Re: Experimental RDFa extractor in JS from Niklas Lindström on 2012-04-20 (public-rdfa-wg@w3.org from April 2012)

From: Niklas Lindström <lindstream@gmail.com>
Date: Fri, 20 Apr 2012 17:23:34 +0200
To: Gregg Kellogg <gregg@greggkellogg.net>
Cc: Ivan Herman <ivan@w3.org>, public-rdfa-wg <public-rdfa-wg@w3.org>
Message-ID: <CADjV5jcVW52GhiH-zkDu_ZUZ=x8tiPJ4Q4WUZY4FP0b3KZSYoQ@mail.gmail.com>
Hi Gregg,

2012/4/20 Gregg Kellogg <gregg@greggkellogg.net>:
> On Apr 20, 2012, at 3:52 AM, "Niklas Lindström" <lindstream@gmail.com> wrote:
[...]
>> Definitely. I think Lite is basically covered already. It's the
>> interplay of many attributes in the same element that I haven't got to
>> yet (to e.g. fully cover @about). Right now I'm short on time, but I
>> hope to continue down this path some time next week.
>
> I've made my own fork, and I might try to improve coverage as well, and possibly be able to run through test cases without a distiller.

Sounds great. However, I've done one major refactoring already, and
have added some features.
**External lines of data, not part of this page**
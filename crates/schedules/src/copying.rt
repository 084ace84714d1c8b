//! Coordinators of one job.
ghost use Rattle.std.specs.Prelude.{◌≡◌, [], IfOk, length, All};
ghost use Rattle.meaning.specs.SoundPlan.{IsSoundPlan};
ghost use Rattle.meaning_laws.specs.Heard.{Answers};
ghost use Rattle.schedules.specs.World.{Holds, IsSaved};

use gathering::Gather;
use meaning::Cut;
use partial_codec::Job;
use plan_copy::copy_plan;
use std::alloc::{AllocError, Global};
use std::mem::drop;

fn copy_cut(alloc: Global, cut: &Cut) -> Result<Cut, AllocError>
    ensures { IfOk result (λ copy. copy ≡ cut.now) }
{
    match Cut::new(cut.lengths().to_vec(alloc)?) {
        Ok(copy) => Ok(copy),
        Err(_) => unreachable!(),
    }
}

/// A copy of a job.
fn copy_job(alloc: Global, job: &Job) -> Result<Job, AllocError>
    ensures { IfOk result (λ copy. copy ≡ job.now) }
{
    let plan = copy_plan(alloc, job.plan())?;
    match copy_cut(alloc, job.cut()) {
        Ok(cut) => Ok(Job::new(job.load(), plan, cut)),
        Err(error) => {
            drop(plan);
            Err(error)
        }
    }
}

/// A coordinator of the job that has taken no answer.
pub fn new_gather(alloc: Global, job: &Job) -> Result<Gather, AllocError>
    requires { IsSoundPlan job.now.plan }
    ensures { IfOk result (λ g. Holds job.now g []) }
{
    Gather::new(alloc, copy_job(alloc, job)?)
}

/// So many of them.
pub fn new_gathers(alloc: Global, job: &Job, n: usize) -> Result<Vec<Gather>, AllocError>
    requires { IsSoundPlan job.now.plan }
    ensures each { IfOk result (λ gathers. All (λ g. Holds job.now g []) gathers.items) }
    ensures as_many { IfOk result (λ gathers. length gathers.items ≡ n) }
{
    let mut gathers = Vec::new(alloc);
    for _ in 0..n {
        gathers.push(new_gather(alloc, job)?)?;
    }
    Ok(gathers)
}

/// A coordinator of the job that holds what was saved: a state's bytes, or nothing.
pub fn restored(alloc: Global, job: &Job, saved: &Option<Vec<u8>>) -> Result<Gather, AllocError>
    requires { IsSoundPlan job.now.plan }
    ensures { IfOk result (λ g. (answers : Answers) → IsSaved job.now saved.now answers
        → Holds job.now g answers) }
{
    // No effect at run time. The proof reads from this call that the job is within its limits.
    let _plan = job.plan();
    match saved {
        None => new_gather(alloc, job),
        Some(bytes) => match Gather::from_state(alloc, copy_job(alloc, job)?, bytes) {
            Ok(gather) => Ok(gather),
            // A state that a coordinator of the job spelled is refused for nothing else.
            Err(_) => Err(AllocError),
        },
    }
}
So if you do any work on the current code
right now, it'll be tricky to merge. I hope to have some time tonight
to finalize and push those things. (It's still a very young code base,
so for us to collaborate on it may require a lot of synchronization.
I'd love to try though.)


>> Yes, that's what I do too, for exactly those reasons. The shape of the
>> output is entirely based on the form of the input, i.e. using the same
>> terms and CURIEs (populating @context as needed). One thing I haven't
>> yet done, but plan to, is to merge descriptions about the same
>> resource even if they're dispersed throughout the page.
>
> Note that you can leave such merging to JSON-LD framing, which does this anyway.
>
>> While that
>> does deviate from the actual shape in the source page, it is so much
>> better for consumption, and I think is to be expected. Another thing I
>> don't do is any kind of coercion. Literals with datatype or deviating
>> from any given @language are represented in expanded JSON-LD form.
>> I've yet to decide whether to change that or make it configurable.
>
> This might also be left to JSON-LD API methods. For instance, the "automatic" flag to compaction could generate the best context for you to use, and coerce your data for you. It can be expensive, though, and for any real application, a JSON-LD context matching the data could be provided to compact or frame.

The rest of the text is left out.